Das mag erklären, warum sich dies im Bereich des Leistungssports abbildete. Die normalen vereinsangehörigen BreitensportlerInnen waren und sind ja theoretisch (nicht wirklich in der Praxis) im Rahmen der Vereins- und Verbandsdemokratie wahlberechtigt und hätten so natürlich über 4-5-6 Instanzen homöopathisch verdünnt irgendwie auch einen Einfluss auf die Verbandsleitungen ausüben können, was freilich weit mehr politiktheoretische Illusion als gelebte Realität war, das wissen wir beide. Darüber hat auch insbesondere Helmut Digel vor kurzer Zeit einmal ebenso knackig wie wahrheitsliebend geschrieben.

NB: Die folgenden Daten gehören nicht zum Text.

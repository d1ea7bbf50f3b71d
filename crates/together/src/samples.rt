//! Arguments that stand for all others of a call where profiles ask about it.
ghost use Rattle.std.specs.Prelude.{◌≡◌, ◌<◌, ◌++◌, IfOk, IfErr, map, slice_set};
ghost use Rattle.together.specs.OnCall.{AreSamples, AreUnsampled, conditions_of, own_conditions, widened};

use differ::{Call, MOST_COMBINATIONS, Unlisted, add_conditions, bits_of, cells, rules_for};
use profile::{Cond, Profile};
use std::alloc::{AllocError, Global};

// Adds the conditions of a profile on an argument of a call.
fn add_own(
    alloc: Global,
    profile: &Profile,
    call: &Call,
    index: usize,
    list: &mut Vec<Cond>,
) -> Result<(), AllocError>
    ensures { IfOk result (λ _. list.new.items ≡ list.old.items ++ own_conditions call.now index profile.now) }
{
    let rules = rules_for(alloc, profile.rules(), call.token, call.nr)?;
    add_conditions(&rules, index, list)
}

// The conditions of profiles, and of one more, on an argument of a call.
fn conditions_of(
    alloc: Global,
    profiles: &[Profile],
    joined: &Profile,
    call: &Call,
    index: usize,
) -> Result<Vec<Cond>, AllocError>
    ensures { IfOk result (λ list. list.items ≡ conditions_of profiles.now joined.now call.now index) }
{
    let mut list = Vec::new(alloc);
    for profile in profiles {
        add_own(alloc, profile, call, index, &mut list)?;
    }
    add_own(alloc, joined, call, index, &mut list)?;
    Ok(list)
}

// Arguments with one replaced.
fn with_argument(args: &[u64; 6], index: usize, value: u64) -> [u64; 6]
    requires { index < 6 }
    ensures { result ≡ slice_set args.now index value }
{
    let mut changed = *args;
    changed[index] = value;
    changed
}

// Adds arguments with each of some numbers at a place.
fn add_with(
    args: &[u64; 6],
    index: usize,
    values: &[u64],
    list: &mut Vec<[u64; 6]>,
) -> Result<(), AllocError>
    requires { index < 6 }
    ensures { IfOk result (λ _. list.new.items ≡ list.old.items ++ map (λ v. slice_set args.now index v) values.now) }
{
    for value in values {
        list.push(with_argument(args, index, *value))?;
    }
    Ok(())
}

// Each of these arguments with each of some numbers at a place.
fn widened(
    alloc: Global,
    samples: &[[u64; 6]],
    index: usize,
    values: &[u64],
) -> Result<Vec<[u64; 6]>, AllocError>
    requires { index < 6 }
    ensures { IfOk result (λ list. list.items ≡ widened index values.now samples.now) }
{
    let mut list = Vec::new(alloc);
    for args in samples {
        add_with(args, index, values, &mut list)?;
    }
    Ok(list)
}

/// Arguments that stand for all others of a call, unless these are too many.
pub(crate) fn samples_of(
    alloc: Global,
    profiles: &[Profile],
    joined: &Profile,
    call: &Call,
) -> Result<Vec<[u64; 6]>, Unlisted>
    ensures ok { IfOk result (λ list. AreSamples profiles.now joined.now call.now 6 list.items) }
    ensures err { IfErr result (AreUnsampled profiles.now joined.now call.now) }
{
    let mut list = Vec::new(alloc);
    list.push([0; 6])?;
    for index in 0..6 {
        let conds = conditions_of(alloc, profiles, joined, call, index)?;
        let values = cells(alloc, &conds, bits_of(call.token))?;
        if list.len().saturating_mul(values.len()) > MOST_COMBINATIONS {
            return Err(Unlisted::TooMany);
        }
        list = widened(alloc, &list, index, &values)?;
    }
    Ok(list)
}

Aber das könnte es erklären, warum etwa auf der Ebene der Landesschützenverbände kein eigenständiger „Sportler-Vertreter" in einem Präsidium sitzt. Und wer weiß, vielleicht ist dies auch schon in irgend einem Landesschießsportverband der Fall, und ich weiß davon nur noch nichts.
Sportlervertreter im Spitzenbereich sind meiner Ansicht nach sinnvoll weil kaum ein Sportler gleichzeitig auch die Tätigkeit als Funktionär in einem internationalen Verband ausüben kann, auch wenn es Ausnahmen gab und wohl auch noch geben kann. Das aktive Sportler Erfahrungen einbringen können von denen der Funktionär aus der Olympiamannschaft von 72 noch nichts gehört hat sollte verständlich sein.
Der Breitensportler ist ja der der den Verein meistens trägt und somit in den Gremien vertreten ist. Bei den Schützen ist es ja nicht so dass Leistungsträger bei erreichen der Volljährigkeit, also dann wenn er für Ämter zur Wahl steht schon seinen Zenit überschritten hat und bei Athleten Deutschland kaum ein Wahlperiode lang noch mitarbeiten könnte.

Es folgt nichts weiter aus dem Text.